Born in Saint Petersburg, the son of a politician, Vladimir Nabokov was a renowned novelist, lepidopterologist (someone specialising in the study of moths) and chess composer (creates endgame studies/chess problems). The author’s first nine novels were in Russian, but it was his later English prose which assured him a place in the pantheon of literary greats.
Lolita, Nabokov’s most famous work, is widely regarded as one of the greatest novels of the twentieth-century. Accolades such as the book’s inclusion in Modern Library’s list of the 100 best novels of the twentieth-century bear testimony to this. Lolita is also amongst the most controversial books of all time due to its sensitive subject matter.
The story is about a man named Humbert Humbert, who falls in love with a twelve-year-old girl, Lolita, the daughter of his landlady. Humbert Humbert goes on to marry the mother so he can stay close to Lolita. When the mother dies in a car accident, the protagonist takes care of Lolita, in exchange for sexual favours. Lolita eventually leaves him and marries someone else, infuriating Humbert Humbert to such an extent that he kills the man.
The book’s pedophilic theme resulted in Lolita being rejected by numerous American publishers when it was written in 1953. Two years later the book was published by Olympia Press, a Paris based publisher. To this day the book courts controversy. The producer of a long-running one-man show in Saint Petersburg, in which Leonid Mozgovoy reads out passages from Lolita on-stage, was assaulted after being accused of being a pedophile. A disturbing clip of the incident was posted on YouTube.
Salman Rushdie
(Born: June 19th 1947)
Notable works: Midnight’s Children, Shame, The Satanic Verses.
No list of controversial writers is complete without the inclusion of the Indian born British writer, Salman Rushdie. Rushdie’s second novel, Midnight’s Children, won the Booker Prize in 1981. The author went on to achieve further success with his third novel Shame, published in 1983. His fourth book, The Satanic Verses, published in 1988, caused controversy from the outset. The title of the book was deemed offensive by many Muslims as it refers to a number of allegedly pagan verses, temporarily included in the Qur’an and later removed. Some pious Muslims were also displeased that the prophet Abraham was referred to as a ‘bastard’, in addition to various other insertions, too numerous to mention here.
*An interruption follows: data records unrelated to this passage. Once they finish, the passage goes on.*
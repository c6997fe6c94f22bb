// Reads a sheet.
#![tactic(auto)]

ghost use Rattle.std.specs.Prelude.{◌≡◌, true, [], ◌∷◌, ℕ, ◌+◌, ◌<◌, Some};
ghost use Rattle.text.specs.Parts.{part, split};
ghost use Rattle.text.specs.Line.{tab};
ghost use Rattle.sheet.specs.Form.{bare, one_number, two_numbers, form_of, line_of};
ghost use Rattle.sheet.specs.InnerLines.{line_at};
ghost use Rattle.sheet.specs.Rules.{with_nodes, with_tasks, sheet_rules, candidate_rules};
ghost use Rattle.sheet.specs.Reading.{most_bytes, nothing_read, place_fault, order_fault, read_with, reading, sheet_of};
ghost use Rattle.sheet.specs.Faults.{fault_number, numbered};
ghost use Rattle.sheet.specs.InnerFaults.{fault_in, phase_number};
ghost use Rattle.sheet.specs.InnerHolding.{Holds, Holding, Leads, Gives};
ghost use Rattle.sheet.specs.InnerDrawing.{drawing_of};

use tree::{MOST_GROUPS, MOST_NODES};

// 01's limits; that of a sheet's nodes is 02's, request 1.
pub const MOST_BYTES: usize = 60000;

// As many bytes of a file as are enough to refuse it or to read it whole: one more than it may have.
pub const ENOUGH_BYTES: usize = MOST_BYTES + 1;

pub const MOST_SHEET_NODES: usize = 255;

pub const MOST_POSITION: u16 = 8190;

pub const LEAST_LEVELS: u16 = 1;

pub const MOST_LEVELS: u16 = 99;

// 01's faults, the first one first.
#[derive(Clone, Copy, Debug, PartialEq, Eq)]
pub enum Fault {
    // over 60,000 bytes
    TooManyBytes,
    // a line of no such form
    NoForm,
    // a line of good form out of its place, or after the end
    OutOfPlace,
    // an operator with fewer than two trees waiting
    TooFewTrees,
    // a node more than the tree may have
    TooManyNodes,
    // a ninth different group
    TooManyGroups,
    // the first line after the tree lines when they don't make one tree
    NotOneTree,
    // a mark of a group not in the tree
    UnknownMark,
    // a mark twice
    MarkTwice,
    // lines used up without the end
    NoEnd,
}

// 01's number of a fault.
impl From<Fault> for u8 {
    ghost from_gives = { λ fault n. n ≡ fault_number fault };

    fn from(fault: Fault) -> u8 {
        match fault {
            Fault::TooManyBytes => 1,
            Fault::NoForm => 2,
            Fault::OutOfPlace => 3,
            Fault::TooFewTrees => 4,
            Fault::TooManyNodes => 5,
            Fault::TooManyGroups => 6,
            Fault::NotOneTree => 7,
            Fault::UnknownMark => 8,
            Fault::MarkTwice => 9,
            Fault::NoEnd => 10,
        }
    }
}

// A fault and its line, counted from 1; 0 for a file of too many bytes.
#[derive(Clone, Copy, Debug, PartialEq, Eq)]
pub struct Refusal {
    pub fault: Fault,
    pub line: usize,
}

// A line by its form: a group, an operator as a tree's list has it, a lift's position and levels, a mark, or the end.
#[derive(Clone, Copy, Debug, PartialEq, Eq)]
pub enum Line {
    Group(u16),
    Operator(u16),
    Lift(u16, u16),
    Mark(u16),
    End,
}

// A line, if it has a form, and the byte after it.
#[derive(Clone, Copy)]
pub struct LineAt {
    pub line: Option<Line>,
    pub next: usize,
}

// The line of a kind alone.
fn bare_line(kind: u8) -> Option<Line>
    ensures { result ≡ bare sheet_rules kind }
{
    match kind {
        b'U' => Some(Line::Operator(tree::UNION)),
        b'D' => Some(Line::Operator(tree::DIFFERENCE)),
        b'I' => Some(Line::Operator(tree::INTERSECTION)),
        b'E' => Some(Line::End),
        _ => None,
    }
}

// The line of a kind and one number.
fn one_number(kind: u8, n: u16) -> Option<Line>
    ensures { result ≡ one_number sheet_rules kind (Some n) }
{
    match kind {
        b'G' if tree::is_group(n) => Some(Line::Group(n)),
        b'K' if tree::is_group(n) => Some(Line::Mark(n)),
        _ => None,
    }
}

// The line of a kind and two numbers.
fn two_numbers(kind: u8, p: u16, n: u16) -> Option<Line>
    ensures { result ≡ two_numbers kind (Some p) (Some n) }
{
    if kind == b'L' && p <= MOST_POSITION && LEAST_LEVELS <= n && n <= MOST_LEVELS {
        return Some(Line::Lift(p, n));
    }
    None
}

// The line of a kind and what stands behind the tab after it.
fn fielded_line(kind: u8, rest: &[u8]) -> Option<Line>
    ensures { result ≡ form_of sheet_rules (part (kind ∷ []) (split tab rest.now)) }
{
    match text::find(rest, text::TAB) {
        None => one_number(kind, text::number(rest)?),
        Some(t) => {
            let p = text::number(&rest[..t])?;
            let n = text::number(&rest[t + 1..])?;
            two_numbers(kind, p, n)
        }
    }
}

// The form of a line, given without its LF.
fn line_of(bytes: &[u8]) -> Option<Line>
    ensures { result ≡ line_of sheet_rules bytes.now }
{
    match bytes {
        [kind] => bare_line(*kind),
        [kind, text::TAB, rest @ ..] => fielded_line(*kind, rest),
        _ => None,
    }
}

// The line at a byte of a sheet, and the byte after it.
pub fn line_at(sheet: &[u8], at: usize) -> LineAt
    ensures { result ≡ line_at sheet_rules sheet.now at }
{
    if sheet.len() <= at {
        return LineAt {
            line: None,
            next: at,
        };
    }
    let rest = &sheet[at..];
    match text::find(rest, text::LINE_FEED) {
        None => LineAt {
            line: None,
            next: sheet.len(),
        },
        Some(k) => LineAt {
            line: line_of(&rest[..k]),
            next: at + k + 1,
        },
    }
}

// The places of the lines, in their order, and the phase after the end.
#[derive(Clone, Copy, Debug, PartialEq, Eq, PartialOrd, Ord)]
enum Phase {
    Tree,
    Lifts,
    Marks,
    End,
    Ended,
}

// How far reading has come in a file whose tree may have `NODES` nodes: how many lines have been read, and the place of the last;
// the tree's entries and how many trees wait; its different groups, the marks, the byte after the tree lines and how many lifts there
// are. `tasks` says whether lifts and marks may stand in the file. Arrays with counts, since reading takes fixed memory only.
#[derive(Clone, Copy)]
struct Reader<const NODES: usize> {
    tasks: bool,
    line: usize,
    phase: Phase,
    tree: [u16; NODES],
    nodes: usize,
    waiting: usize,
    groups: [u16; MOST_GROUPS],
    different: usize,
    marks: [u16; MOST_GROUPS],
    marked: usize,
    start: usize,
    lifts: usize,
}

impl<const NODES: usize> Reader<NODES> {
    // Nothing read yet.
    fn new(tasks: bool) -> Reader<NODES>
        ensures { Holds (with_tasks tasks (with_nodes NODES sheet_rules)) nothing_read result × (result.line ≡ 0) }
    {
        Reader {
            tasks,
            line: 0,
            phase: Phase::Tree,
            tree: [0; NODES],
            nodes: 0,
            waiting: 0,
            groups: [0; MOST_GROUPS],
            different: 0,
            marks: [0; MOST_GROUPS],
            marked: 0,
            start: 0,
            lifts: 0,
        }
    }

    // The fault of a lift or a mark where there may be no tasks (3).
    fn place_fault(&self, line: Line) -> Result<(), Fault>
        ensures { fault_in result ≡ place_fault self.now.tasks (Some line) }
    {
        if !self.tasks && matches!(line, Line::Lift(_, _) | Line::Mark(_)) {
            return Err(Fault::OutOfPlace);
        }
        Ok(())
    }

    // The fault of a line out of its place (3), or first after tree lines that make no tree (7).
    fn order_fault(&self, place: Phase) -> Result<(), Fault>
        ensures { fault_in result ≡ order_fault (phase_number self.now.phase) self.now.waiting (phase_number place) }
    {
        if place < self.phase {
            return Err(Fault::OutOfPlace);
        }
        if self.phase == Phase::Tree && Phase::Tree < place && self.waiting != 1 {
            return Err(Fault::NotOneTree);
        }
        Ok(())
    }

    // Reads a line with a group.
    fn group(&mut self, g: u16, after: usize) -> Result<(), Fault>
        requires { Holding self.old }
        ensures { Leads (Some (Line.Group g)) after self.old.line self.old result self.new }
    {
        self.order_fault(Phase::Tree)?;
        if NODES <= self.nodes {
            return Err(Fault::TooManyNodes);
        }
        if !tree::is_in(&self.groups[..self.different], g) {
            if MOST_GROUPS <= self.different {
                return Err(Fault::TooManyGroups);
            }
            self.groups[self.different] = g;
            self.different += 1;
        }
        self.tree[self.nodes] = g;
        self.nodes += 1;
        self.waiting += 1;
        self.start = after; // also where no lift comes
        Ok(())
    }

    // Reads a line with an operator.
    fn operator(&mut self, x: u16, after: usize) -> Result<(), Fault>
        requires { Holding self.old }
        ensures { Leads (Some (Line.Operator x)) after self.old.line self.old result self.new }
    {
        self.order_fault(Phase::Tree)?;
        if self.waiting < 2 {
            return Err(Fault::TooFewTrees);
        }
        if NODES <= self.nodes {
            return Err(Fault::TooManyNodes);
        }
        self.tree[self.nodes] = x;
        self.nodes += 1;
        self.waiting -= 1;
        self.start = after;
        Ok(())
    }

    // Reads a line with a lift.
    fn lift(&mut self) -> Result<(), Fault>
        requires { (self.old.tasks ≡ true) × (self.old.lifts < self.old.line) }
        ensures { (position levels after : ℕ) → Leads (Some (Line.Lift position levels)) after self.old.line self.old result self.new }
    {
        self.order_fault(Phase::Lifts)?;
        self.phase = Phase::Lifts;
        self.lifts += 1;
        Ok(())
    }

    // Reads a line with a mark.
    fn mark(&mut self, g: u16) -> Result<(), Fault>
        requires { (self.old.tasks ≡ true) × Holding self.old }
        ensures { (after : ℕ) → Leads (Some (Line.Mark g)) after self.old.line self.old result self.new }
    {
        self.order_fault(Phase::Marks)?;
        if !tree::is_in(&self.groups[..self.different], g) {
            return Err(Fault::UnknownMark);
        }
        if tree::is_in(&self.marks[..self.marked], g) {
            return Err(Fault::MarkTwice);
        }
        self.marks[self.marked] = g;
        self.phase = Phase::Marks;
        self.marked += 1;
        Ok(())
    }

    // Reads the end.
    fn end(&mut self) -> Result<(), Fault>
        ensures { (after : ℕ) → Leads (Some Line.End) after self.old.line self.old result self.new }
    {
        self.order_fault(Phase::End)?;
        self.phase = Phase::Ended;
        Ok(())
    }

    // Reads a line; `after` is the byte after it.
    fn step(&mut self, line: Option<Line>, after: usize) -> Result<(), Fault>
        requires { (self.old.line < most_bytes) × Holding self.old }
        ensures { Leads line after (self.old.line + 1) self.old result self.new }
    {
        self.line += 1;
        let line = line.ok_or(Fault::NoForm)?;
        self.place_fault(line)?;
        match line {
            Line::Group(g) => self.group(g, after),
            Line::Operator(x) => self.operator(x, after),
            Line::Lift(_, _) => self.lift(),
            Line::Mark(g) => self.mark(g),
            Line::End => self.end(),
        }
    }
}

// Reads the lines of a file whose tree may have `NODES` nodes; `tasks` says whether lifts and marks may stand in it.
fn read_lines<const NODES: usize>(file: &[u8], tasks: bool) -> Result<Reader<NODES>, Refusal>
    ensures { Gives (with_tasks tasks (with_nodes NODES sheet_rules)) (read_with (with_tasks tasks (with_nodes NODES sheet_rules)) file.now) result }
{
    if MOST_BYTES < file.len() {
        return Err(Refusal {
            fault: Fault::TooManyBytes,
            line: 0,
        });
    }
    let mut reader = Reader::new(tasks);
    let mut at = 0;
    // A `while`: where the next line begins is known only once this one is read, and `line_at` reads lift lines again later.
    while at < file.len() {
        let here = line_at(file, at);
        at = here.next;
        reader.step(here.line, at).map_err(|fault| Refusal {
            fault,
            line: reader.line,
        })?;
    }
    if reader.phase != Phase::Ended {
        return Err(Refusal {
            fault: Fault::NoEnd,
            line: reader.line + 1,
        });
    }
    Ok(reader)
}

// What reading answers of a sheet that it accepts: the tree's entries, the marks, the byte where the lifts begin and how many there
// are. Entries past the ends are 0. Arrays with counts, since an answer is fixed memory (no heap).
#[derive(Clone, Copy)]
pub struct Sheet {
    pub tree: [u16; MOST_SHEET_NODES],
    pub nodes: usize,
    pub marks: [u16; MOST_GROUPS],
    pub marked: usize,
    pub start: usize,
    pub lifts: usize,
}

// Reads a sheet, or gives its first fault. It is lent the sheet to read only, and answers by value.
pub fn read(sheet: &[u8]) -> Result<Sheet, Refusal>
    ensures { numbered result ≡ sheet_of (reading sheet.now) }
{
    let reader = read_lines(sheet, true)?;
    // The check takes an array into a literal from a variable only.
    let tree = reader.tree;
    let marks = reader.marks;
    Ok(Sheet {
        tree,
        nodes: reader.nodes,
        marks,
        marked: reader.marked,
        start: reader.start,
        lifts: reader.lifts,
    })
}

// What reading answers of a candidate's file that it accepts: the entries of the tree in it. Entries past its end are 0. No `Sheet` of
// another size: marks and lifts, which may not stand in it, would be four fields without use.
#[derive(Clone, Copy)]
pub struct Drawing {
    pub tree: [u16; MOST_NODES],
    pub nodes: usize,
}

// Reads a candidate's file, or gives its first fault: the same reader, by other rules.
pub fn read_drawing(file: &[u8]) -> Result<Drawing, Refusal>
    ensures { numbered result ≡ drawing_of (read_with candidate_rules file.now) }
{
    let reader = read_lines(file, false)?;
    let tree = reader.tree;
    Ok(Drawing {
        tree,
        nodes: reader.nodes,
    })
}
Any hopes Rushdie may have harboured over the furore dying down were shattered when the Supreme Leader of Iran, The Ayatollah Khomeini, issued a Fatwa against the author in January 1989. Rushdie was rushed into the protective custody of Special Branch as rioting, book burnings and fire-bombings raged through the Muslim world. The left-wing bookshop Collets was burned down and a Dillons firebombed as the hatred spread west. In August of 1989 Mustafa Mahmoud Mazeh was martyred in a failed plot to blow up the author in Paddington, London. In a separate incident Hitoshi Igarashi, the Japanese translator of the book was stabbed to death.
To this day the author receives death threats, including a Valentines Day card of sorts that he gets every February 14th, threatening to kill him; and no they are not from one of his four ex-wives.
Click here to read Part 2 of the series.
Very interesting post. Nabokov’s Pale Fire is a great book about the dangers of over-interpretation. Haven’t read any Rushdie yet, not out of religious scruples, just never got round to it.
I look forward to reading Pale Fire at some point. Rushdie is an avid Tweeter. Did you see his Tweet limerick about Kim Kardashian’s divorce? It was very amusing. He is still waiting for Kardashian’s limericked retort.